VANCOUVER, BC—Once-daily valbenazine 25mg–75mg for 6 weeks significantly reduced severity of tardive dyskinesia in patients with schizophrenia, schizoaffective disorder, depression, and bipolar disorder, a randomized Phase 2 trial reported at the 68th AAN Annual Meeting.

The study also showed use of blinded, central raters of the Abnormal Involuntary Movement Scale (AIMS) to be “highly sensitive in detecting change, capable of reducing variability and therefore should be considered in the design” of future trials of tardive dyskinesia, noted Stewart Factor, DO, Vance Lanier Chair of Neurology at Emory University School of Medicine and Director of the Emory Comprehensive Parkinson's Disease Center and the Movement Disorders Program, Atlanta, GA.

The KINECT 2 study assessed the efficacy and safety of valbenazine (NBI-98854), a novel, highly selective vesicular monoamine transporter 2 (VMAT2) inhibitor, in patients with schizophrenia, schizoaffective disorder, and mood disorder with tardive dyskinesia.

In the multicenter trial, patients were randomly assigned to valbenazine or placebo at a 1:1 ratio for 6 weeks. Based on clinical response, the once-daily dose of valbenazine was titrated from 25mg–50mg at Week 2 and from 50mg–75mg at Week 4.

The primary endpoint was change in AIMS score from baseline to Week 6.

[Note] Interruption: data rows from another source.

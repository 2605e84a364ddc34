//! Measures what the driver stands on or will stand on, and calls made through the library.
//!
//! The first word is the part that is measured: `store`, `tables`, `pbuffers`, `pixels`, `windows`, `screens` or `threads`; or `exhausted`, which measures nothing. Alone it does a little
//! of it, and prints what is the same on every run; with no word each part does so. The words behind it are those of
//! `USAGE`: with them the part does all, and prints what that took.
#![tactic(auto)]

mod calls;
mod exhausted;
mod extents;
mod memory;
mod pbuffers;
mod pixels;
mod screens;
mod store;
mod tables;
mod threads;
mod windows;

use anyhow::{Result, bail};
use extents::Extent;
use std::env;
use std::rt::{Clock, Files};
use std::sync::Wait;
use std::thread::Threads;

const USAGE: &str =
    "usage: bench [store [time] | tables [passing | NAME SIZE] | pbuffers [measure] | pixels [measure] | windows [measure] | screens [measure] | threads [time] | exhausted]";

const PARTS: [&str; 8] = [
    "store",
    "tables",
    "pbuffers",
    "pixels",
    "windows",
    "screens",
    "threads",
    "exhausted",
];

/// Does a part.
fn part<R: Clock + Files + Print + AllocGlobal + Threads + Wait + Sync>(
    rt: &R,
    name: &str,
    extent: Extent,
) -> Result<()> {
    match name {
        "store" => store::run(rt, extent),
        "tables" => tables::run(rt),
        "pbuffers" => pbuffers::run(rt, extent),
        "pixels" => pixels::run(rt, extent),
        "windows" => windows::run(rt, extent),
        "screens" => screens::run(rt, extent),
        "threads" => threads::run(rt, extent),
        "exhausted" => exhausted::run(rt),
        _ => bail!("{USAGE}"),
    }
}

fn run<R: Clock + Files + Print + AllocGlobal + Threads + Wait + Sync>(
    rt: &R,
    words: &[&str],
) -> Result<()> {
    match words {
        [] => {
            for name in PARTS {
                part(rt, name, Extent::Little)?;
            }
            Ok(())
        }
        [name] => part(rt, name, Extent::Little),
        ["tables", "passing"] => tables::pass(rt),
        ["tables", name, size] => tables::time_one(rt, name, size),
        [name, "time" | "measure"] => part(rt, name, Extent::Full),
        _ => bail!("{USAGE}"),
    }
}

fn main(rt: HostRuntime) -> Result<()> {
    let mut words = Vec::new(rt.alloc());
    for word in env::args(&rt)?.skip(1) {
        words.push(word)?;
    }
    let mut texts = Vec::new(rt.alloc());
    for word in &words {
        texts.push(word.as_str())?;
    }
    run(&rt, texts.as_slice())
}
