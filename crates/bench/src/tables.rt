//! Makes, finds and frees names, handles and fences, and says how long each took.

mod fences;
mod handles;
mod names;
mod phases;

use anyhow::{Context, Result, ensure};
use display_table::Displays;
use fence_sync::Fences;
use phases::Phase;
use share_group::Group;
use std::rt::Clock;
use std::time::Duration;

/// What is done, its name, and how often. What takes memory runs once, as later runs would find some that was written to before.
static PHASES: [(Phase, &str, u32); 12] = [
    (Phase::Generate, "names generated", 1),
    (Phase::LookUp, "names looked up", 5),
    (
        Phase::LowestAgain,
        "lowest names freed and generated again",
        5,
    ),
    (Phase::Edges, "objects read by rising names", 5),
    (Phase::Free, "names freed", 5),
    (Phase::Make, "handles made", 1),
    (Phase::Find, "handles found", 5),
    (
        Phase::RemoveInOrder,
        "handles removed in the order of making",
        5,
    ),
    (
        Phase::RemoveBackwards,
        "handles removed in the other order",
        5,
    ),
    (Phase::Take, "handles of one display taken", 5),
    (Phase::Create, "fences made", 1),
    (Phase::Flush, "contexts with a fence each flushed", 5),
];

fn time<R: Clock + AllocGlobal>(rt: &R, phase: Phase, n: u32) -> Result<Duration> {
    match phase {
        Phase::Generate | Phase::LookUp | Phase::LowestAgain | Phase::Edges | Phase::Free => {
            phases::time::<R, Group>(rt, phase, n)
        }
        Phase::Create | Phase::Flush => phases::time::<R, Fences>(rt, phase, n),
        _ => phases::time::<R, Displays>(rt, phase, n),
    }
}

/// Does each thing with 1,000 and prints what was done.
pub fn run<R: Clock + Print + AllocGlobal>(rt: &R) -> Result<()> {
    for (phase, name, _) in &PHASES {
        time(rt, *phase, 1_000)?;
        println!(rt; "{name} 1000: done")?;
    }
    Ok(())
}

/// Does one thing, whose name is what `run` prints of it up to the number, at a size, and prints the nanoseconds that so
/// many took.
pub fn time_one<R: Clock + Print + AllocGlobal>(rt: &R, name: &str, size: &str) -> Result<()> {
    let n = size.parse::<u32>().context("a size is a number")?;
    let (phase, _, runs) = PHASES
        .iter()
        .find(|row| row.1 == name)
        .context(format_args!("nothing is called {name}"))?;
    let mut least = u128::MAX;
    'runs: for _ in 0..*runs {
        least = least.min(time(rt, *phase, n)?.as_nanos());
    }
    println!(rt; "{least}")?;
    Ok(())
}

/// Makes and removes 10,000,000 handles one after another, of which never more than one is there.
pub fn pass<R: AllocGlobal>(rt: &R) -> Result<()> {
    let mut displays = Displays::new(rt.alloc());
    let done = handles::one_at_a_time(&mut displays, 10_000_000);
    ensure!(done, "no handle was made");
    Ok(())
}
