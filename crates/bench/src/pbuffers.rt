//! Makes pbuffers through the library and destroys each before the next, and tells the memory that the process has.
ghost use Rattle.std.specs.Prelude.{◌≡◌, ◌<◌};

use crate::calls::{PIXEL_BYTES, lines_of};
use crate::extents::Extent;
use crate::memory::{RESIDENT, kilobytes};
use anyhow::{Result, bail, ensure};
use driver_core::Driver;
use egl_calls::{Call, EglKind, Kind, Numbers};
use std::alloc::Global;
use std::rt::Files;
use trace_reader::Line;

/// How many are made where little is done.
const LITTLE: u32 = 100;

/// How many are made before the memory is asked for at first, and how many after that.
const FIRST: u32 = 1_000;

const REST: u32 = 9_999_000;

/// The call that destroys a surface of the first display.
fn destroy(alloc: Global, surface: u32) -> Call {
    Call {
        kind: Kind::Egl(EglKind::DestroySurface),
        args: [1, i64::from(surface), 0, 0, 0, 0, 0, 0],
        list: Numbers::new(alloc),
        bytes: None,
    }
}

// A call of the only thread: its value, unless memory ran out.
fn value(alloc: Global, driver: &mut Driver, call: &Call) -> Option<u32>
    requires made { 0 < driver.old.made }
    ensures { driver.new.made ≡ driver.old.made }
{
    match driver.play(alloc, 0, call) {
        Ok(reply) => u32::try_from(reply.value).ok(),
        Err(_) => None,
    }
}

// Makes a pbuffer and destroys it so many times, unless one call isn't done.
fn turns(alloc: Global, driver: &mut Driver, create: &Call, count: u32) -> bool
    requires { 0 < driver.old.made }
    ensures { driver.new.made ≡ driver.old.made }
{
    'each: for _turn in 0..count {
        let Some(surface) = value(alloc, driver, create) else {
            return false;
        };
        if value(alloc, driver, &destroy(alloc, surface)) != Some(1) {
            return false;
        }
    }
    true
}

// Makes a hundred, and says so.
fn make_little<R: Print + AllocGlobal>(rt: &R, driver: &mut Driver, create: &Call) -> Result<()>
    requires { 0 < driver.old.made }
{
    let done = turns(rt.alloc(), driver, create, LITTLE);
    ensure!(done, "a call was refused");
    println!(rt; "100 pbuffers: made and destroyed")?;
    Ok(())
}

// Makes ten million, and tells the memory after the first thousand and at the end.
fn make_all<R: Files + Print + AllocGlobal>(
    rt: &R,
    driver: &mut Driver,
    create: &Call,
) -> Result<()>
    requires { 0 < driver.old.made }
{
    let begun = turns(rt.alloc(), driver, create, FIRST);
    let first = kilobytes(rt, RESIDENT)?;
    let done = turns(rt.alloc(), driver, create, REST);
    let last = kilobytes(rt, RESIDENT)?;
    ensure!(begun && done, "a call was refused");
    println!(rt;
        "10,000,000 pbuffers one after another\nmemory: {first} kB after the first thousand, {last} kB at the end"
    )?;
    Ok(())
}

fn measure<R: Files + Print + AllocGlobal>(
    rt: &R,
    extent: Extent,
    driver: &mut Driver,
    lines: &[Line],
) -> Result<()>
    requires { 0 < driver.old.made }
{
    let [first, create] = lines else {
        bail!("two lines");
    };
    let (Ok(initialize), Ok(create)) = (
        first.call.to_call(rt.alloc()),
        create.call.to_call(rt.alloc()),
    ) else {
        bail!("no memory for a call");
    };
    value(rt.alloc(), driver, &initialize);
    match extent {
        Extent::Little => make_little(rt, driver, &create),
        Extent::Full => make_all(rt, driver, &create),
    }
}

/// Makes a hundred and says so. Or makes ten million, and prints the memory after the first thousand and at the end.
pub fn run<R: Files + Print + AllocGlobal>(rt: &R, extent: Extent) -> Result<()> {
    let lines = lines_of(
        rt.alloc(),
        "0 eglInitialize 1\n0 eglCreatePbufferSurface 1 4 [EGL_WIDTH,8,EGL_HEIGHT,8]\n",
    )?;
    match Driver::new(rt.alloc(), &[], PIXEL_BYTES) {
        Ok(mut driver) => measure(rt, extent, &mut driver, lines.lines()),
        Err(_) => bail!("no memory for a driver"),
    }
}
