//! Plays calls for which memory can't run out, each between two reads of an empty file. `bench/refused_runs` has all memory refused from the one to the other.
ghost use Rattle.std.specs.Prelude.{◌≡◌, ◌<◌, false};
ghost use Rattle.egl_model.specs.Waits.{is_wait_end};
ghost use Rattle.shared_driver.specs.Tokens.{IsOf};

use crate::calls::{PIXEL_BYTES, lines_of};
use crate::threads::closed;
use anyhow::{Result, bail, ensure};
use driver_core::Driver;
use egl_calls::{Call, Kind, Numbers, OwnKind};
use shared_driver::{Opened, Shared, Thread};
use std::alloc::Global;
use std::fs;
use std::io::Read;
use std::rt::Files;
use std::sync::Wait;
use trace_reader::Trace;

const EMPTY: &str = "/dev/null";

/// What a token makes before its call: an object of each kind, and what is current.
const OBJECTS: &str = "0 eglGetDisplay 0
0 eglInitialize 1
0 eglCreatePbufferSurface 1 4 [EGL_WIDTH,4,EGL_HEIGHT,4]
0 eglCreateContext 1 4 0 []
0 eglMakeCurrent 1 3 3 4
0 eglCreateSync 1 EGL_SYNC_FENCE []
0 glBindTexture GL_TEXTURE_2D 1
0 glTexImage2D GL_TEXTURE_2D 0 GL_RGBA 1 1 0 GL_RGBA GL_UNSIGNED_BYTE #01020304
0 eglCreateImage 1 4 EGL_GL_TEXTURE_2D 1 [EGL_GL_TEXTURE_LEVEL,0]
0 glBindBuffer GL_ARRAY_BUFFER 1
0 glBufferData GL_ARRAY_BUFFER 4 GL_STATIC_DRAW #01020304
0 glBindRenderbufferOES GL_RENDERBUFFER_OES 1
0 glRenderbufferStorageOES GL_RENDERBUFFER_OES GL_RGBA8_OES 4 4
0 glBindFramebufferOES GL_FRAMEBUFFER_OES 1
0 glFramebufferRenderbufferOES GL_FRAMEBUFFER_OES GL_COLOR_ATTACHMENT0_OES GL_RENDERBUFFER_OES 1
";

/// The kinds of calls that take a place of a token, and one that wants memory.
static OF_TOKENS: [&str; 15] = [
    "eglTerminate 1",
    "eglDestroySurface 1 3",
    "eglDestroyContext 1 4",
    "eglDestroySync 1 5",
    "eglDestroyImage 1 6",
    "eglReleaseThread",
    "eglWaitClient",
    "glFlush",
    "glFinish",
    "glDeleteTextures [1]",
    "glDeleteBuffers [1]",
    "glDeleteRenderbuffersOES [1]",
    "glDeleteFramebuffersOES [1]",
    "halt",
    "eglGetConfigs 1",
];

/// What a driver that nobody shares plays before a call: a window's surface is current, and was cleared.
const WINDOW: &str = "window 1 4 4
0 eglGetDisplay 0
0 eglInitialize 1
0 eglCreateWindowSurface 1 1 1 []
0 eglCreateContext 1 1 0 []
0 eglMakeCurrent 1 3 3 4
0 glClearColorx 65536 0 0 65536
0 glClear GL_COLOR_BUFFER_BIT
";

/// And its swaps don't preserve it.
const DESTROYED: &str = "window 1 4 4
0 eglGetDisplay 0
0 eglInitialize 1
0 eglCreateWindowSurface 1 1 1 []
0 eglCreateContext 1 1 0 []
0 eglMakeCurrent 1 3 3 4
0 eglSurfaceAttrib 1 3 EGL_SWAP_BEHAVIOR EGL_BUFFER_DESTROYED
0 glClearColorx 65536 0 0 65536
0 glClear GL_COLOR_BUFFER_BIT
";

/// A thread that waits.
const WAITING: &str = "0 eglGetDisplay 0
0 eglInitialize 1
0 eglCreatePbufferSurface 1 4 [EGL_WIDTH,4,EGL_HEIGHT,4]
0 eglCreateContext 1 4 0 []
0 eglMakeCurrent 1 3 3 4
0 eglCreateSync 1 EGL_SYNC_FENCE []
0 eglClientWaitSync 1 5 0 EGL_FOREVER
";

/// Calls of such a driver, each with what goes before, and how they are told. The last one wants memory.
static OF_DRIVERS: [(&str, &str, &str); 5] = [
    (WINDOW, "eglSwapBuffers 1 3", "eglSwapBuffers, preserved"),
    (DESTROYED, "eglSwapBuffers 1 3", "eglSwapBuffers, destroyed"),
    (
        WINDOW,
        "glClear GL_COLOR_BUFFER_BIT",
        "glClear of a surface",
    ),
    (WAITING, "eglGetConfigs 1", "eglGetConfigs in a wait"),
    (WINDOW, "eglGetConfigs 1", "eglGetConfigs"),
];

fn is_wait_end(kind: Kind) -> bool
    ensures { result ≡ is_wait_end kind }
{
    matches!(kind, Kind::Own(OwnKind::WaitEnd))
}

// The call that a line has behind its thread; `halt`, which no line has, is a Halt.
fn call_of(alloc: Global, text: &str) -> Result<Call> {
    if text == "halt" {
        return Ok(Call {
            kind: Kind::Own(OwnKind::Halt),
            args: [0; 8],
            list: Numbers::new(alloc),
            bytes: None,
        });
    }
    let text = format!(in alloc; "0 {text}")?;
    let lines = lines_of(alloc, &text)?;
    match lines.line(0) {
        Some(line) => match line.call.to_call(alloc) {
            Ok(call) => Ok(call),
            Err(_) => bail!("no memory for a call"),
        },
        None => bail!("there is no call"),
    }
}

// Plays lines of the only thread by its token, and tells whether there was memory.
fn play_all<R: Wait>(
    rt: &R,
    alloc: Global,
    shared: &Shared,
    token: &mut Thread,
    lines: &Trace,
) -> bool
    requires { IsOf shared.now token.old }
    ensures { IsOf shared.now token.new }
{
    'lines: for line in lines.lines() {
        let Ok(call) = line.call.to_call(alloc) else {
            return false;
        };
        if is_wait_end(call.kind) || shared.call(token, rt, alloc, 0, call).is_err() {
            return false;
        }
    }
    true
}

// Plays a call of a token between two reads, and tells whether there was memory.
fn is_played_by_token<R: Files + Wait>(
    rt: &R,
    alloc: Global,
    file: &mut R::File,
    shared: &Shared,
    token: &mut Thread,
    call: Call,
) -> bool
    requires owns { IsOf shared.now token.old }
    requires kind { is_wait_end call.kind ≡ false }
    ensures { IsOf shared.now token.new }
{
    let mut byte = [0u8; 1];
    let _ = file.read(&mut byte);
    let is_played = shared.call(token, rt, alloc, 0, call).is_ok();
    let _ = file.read(&mut byte);
    is_played
}

// The same behind the lines that go before, with a token that ends.
fn by_token<R: Files + Wait>(
    rt: &R,
    alloc: Global,
    file: &mut R::File,
    opened: Opened,
    lines: &Trace,
    call: Call,
) -> bool
    requires owns { IsOf opened.shared opened.thread }
    requires kind { is_wait_end call.kind ≡ false }
{
    let Opened { shared, mut thread } = opened;
    let is_ready = play_all(rt, alloc, &shared, &mut thread, lines);
    let is_played = is_played_by_token(rt, alloc, file, &shared, &mut thread, call);
    closed(rt, shared, thread);
    is_ready & is_played
}

fn token<R: Files + Wait + AllocGlobal>(rt: &R, file: &mut R::File, text: &str) -> Result<bool> {
    let lines = lines_of(rt.alloc(), OBJECTS)?;
    let call = call_of(rt.alloc(), text)?;
    ensure!(!is_wait_end(call.kind), "a wait doesn't end here");
    match Shared::open(rt.alloc(), &[], PIXEL_BYTES) {
        Ok(opened) => Ok(by_token(rt, rt.alloc(), file, opened, &lines, call)),
        Err(_) => bail!("no memory for a driver"),
    }
}

// Plays lines by a driver that nobody shares, and tells whether there was memory.
fn play_lines(alloc: Global, driver: &mut Driver, lines: &Trace) -> bool
    requires { 0 < driver.old.made }
    ensures { driver.new.made ≡ driver.old.made }
{
    'lines: for line in lines.lines() {
        let Ok(call) = line.call.to_call(alloc) else {
            return false;
        };
        if driver.play(alloc, 0, &call).is_err() {
            return false;
        }
    }
    true
}

// Plays a call of such a driver behind lines, between two reads.
fn is_played<R: Files>(
    rt: &R,
    alloc: Global,
    file: &mut R::File,
    driver: &mut Driver,
    lines: &Trace,
    call: &Call,
) -> bool
    requires { 0 < driver.old.made }
{
    let _ = rt;
    let is_ready = play_lines(alloc, driver, lines);
    let mut byte = [0u8; 1];
    let _ = file.read(&mut byte);
    let is_played = driver.play(alloc, 0, call).is_ok();
    let _ = file.read(&mut byte);
    is_ready & is_played
}

fn driver<R: Files + AllocGlobal>(
    rt: &R,
    file: &mut R::File,
    before: &str,
    text: &str,
) -> Result<bool> {
    let lines = lines_of(rt.alloc(), before)?;
    let call = call_of(rt.alloc(), text)?;
    match Driver::new(rt.alloc(), lines.windows(), PIXEL_BYTES) {
        Ok(mut driver) => Ok(is_played(rt, rt.alloc(), file, &mut driver, &lines, &call)),
        Err(_) => bail!("no memory for a driver"),
    }
}

fn word(is_played: bool) -> &'static str {
    if is_played { "played" } else { "no memory" }
}

fn tell_tokens<R: Files + Print + AllocGlobal + Wait>(rt: &R, file: &mut R::File) -> Result<()> {
    'tokens: for text in OF_TOKENS {
        let word = word(token(rt, file, text)?);
        println!(rt; "by a token, {text}: {word}")?;
    }
    Ok(())
}

fn tell_drivers<R: Files + Print + AllocGlobal>(rt: &R, file: &mut R::File) -> Result<()> {
    'drivers: for (before, text, name) in OF_DRIVERS {
        let word = word(driver(rt, file, before, text)?);
        println!(rt; "by a driver, {name}: {word}")?;
    }
    Ok(())
}

/// Prints of each call whether it was played.
pub fn run<R: Files + Print + AllocGlobal + Wait>(rt: &R) -> Result<()> {
    let mut file = fs::open(rt, EMPTY)?;
    tell_tokens(rt, &mut file)?;
    tell_drivers(rt, &mut file)
}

“AIMS videos were scored by central raters blinded to treatment arm and study visit sequence,” Dr. Factor reported. Key secondary endpoints included Clinical Global Impression of Change-TD (CGI-TD) and safety.

All patients with at least one post-randomization AIMS assessment were included in the pre-specified efficacy analysis. Among these 89 patients, the primary endpoint showed significant reduction in AIMS favoring valbenazine over placebo (-2.6 vs. -0.2 LS mean change; P=0.0005).

Responder rate, defined as an AIMS reduction of ≥50% from baseline, was 49% for patients treated with valbenazine vs. 18% in the placebo arm (P=0.002).

CGI-TD, as assessed by site investigator, showed significant improvement—“much improved” or “very much improved”—with valbenazine, 67%, compared with 16% for placebo (P<0.0001).

No treatment-related serious adverse events were observed, and adverse events were infrequent and included fatigue (5 in the valbenazine arm and 2 in the placebo arm) and headache (5 vs. 2, respectively). A total of 5 patients in each arm discontinued treatment early.